Example 1. From pig pancreas to pure protein. Animal insulin worked but differed slightly from human insulin and depended on a supply of animal organs. Recombinant human insulin replaced it with an identical, purer product made on demand, a landmark in medical biotechnology.

Example 2. Clotting factors for haemophilia. People with haemophilia lack a blood-clotting protein. Recombinant versions are made by engineered cells, giving a safe supply free from the infection risks once linked to products taken from donated blood.

Try this

Q1. State why people with diabetes may need insulin from outside the body. [1 mark]

  • Cue. They cannot make enough insulin themselves to control their blood sugar.

Q2. Outline the main steps to make human insulin in bacteria. [3 marks]

  • Cue. Insert the human insulin gene into a plasmid (cut with the same restriction enzyme, joined by ligase), transform and select bacteria, then grow them at scale so they express the gene and make insulin to harvest.

Q3. Give one advantage of recombinant insulin over animal insulin. [1 mark]

  • Cue. It is an exact copy of human insulin, so it is less likely to cause an allergic or immune reaction (a larger, cheaper, animal-free supply is also acceptable).

Exam-style practice questions

Practice questions written in the style of SEAB exam questions on this dot point, with worked answer explainers. The year tag is the paper they imitate, not the source.

Original6 marksDescribe how human insulin is produced using genetically engineered bacteria.
Show worked answer →

Examiners want the full recombinant DNA process applied to insulin.

The human insulin gene is obtained, for example by isolating it or making it from the messenger RNA. A restriction enzyme cuts the gene, leaving sticky ends, and the same enzyme cuts open a bacterial plasmid, giving complementary sticky ends.

The gene and plasmid are mixed so the sticky ends pair, and DNA ligase seals them, forming a recombinant plasmid carrying the insulin gene.
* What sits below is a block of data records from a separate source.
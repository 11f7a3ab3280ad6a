//! Lines on the memory and the level, `store`, `fetch`, `block`, `unblock`, `junta` and `counterjunta`; and `settime`. No disk is lent for
//! them.
//!
//! Come here for what these lines do and answer. Below it stand exec_session, which has what a session keeps, and the calls on blocks (zones)
//! and on levels (junta_levels). Each call refuses before it changes anything, and changes the session's memory, level or moment if the line
//! does. It answers the text of its line, or why the line isn't done. To the layers above, on every machine:
//! 1. The session stays well formed (`formed`), and of what it keeps the world alone may be another, or the moment (`alone`).
//! 2. A line that isn't done is refused, or no memory was left for its text (`stops`). Then `settime` leaves the moment as it was (`left`).
//!
//! And where the machine is modelled:
//! 3. The answer, once its reply is given, is a turn of the session for its line, from each state for which what the session keeps is right
//!    (`turns`): the refusals in their order, the text, and the memory, the level or the moment after it. Nothing is written.
//!
//! Not promised: that memory is left for a text. A line whose text finds none is answered by Memory, and what it changed stays.
#![tactic(auto)]

mod block;
mod counterjunta;
mod fetch;
mod junta;
mod moment;
mod store;
mod unblock;
mod words;

pub use block::take_block;
pub use counterjunta::restore_levels;
pub use fetch::fetch_word;
pub use junta::remove_levels;
pub use moment::set_time;
pub use store::store_word;
pub use unblock::return_block;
The recombinant plasmid is taken up by bacteria (transformation), and transformed bacteria are selected, often using a marker gene.

The transformed bacteria are grown in large numbers in a bioreactor with suitable nutrients, temperature and pH. As they multiply, they express the gene and produce human insulin, which is then harvested and purified.

What markers reward: obtaining the insulin gene, cutting gene and plasmid with the same restriction enzyme, joining with ligase to form recombinant DNA, transformation and selection of bacteria, and culturing at scale to express, harvest and purify the insulin.

Original4 marksExplain two advantages of insulin made by genetically engineered bacteria over insulin extracted from animals.
Show worked answer →

The answer should give two clear advantages with reasons.

First, bacterial insulin is an exact copy of human insulin, so it is less likely to cause an allergic or immune reaction than animal insulin, which differs slightly from the human form.

Second, bacteria can be grown in huge numbers quickly and cheaply, giving a large, reliable and pure supply that does not depend on the availability of animal pancreases. This also avoids ethical concerns some people have about using animals.

What markers reward: two valid advantages, such as being identical to human insulin so fewer reactions, and a larger, cheaper, more reliable and purer supply not dependent on animals.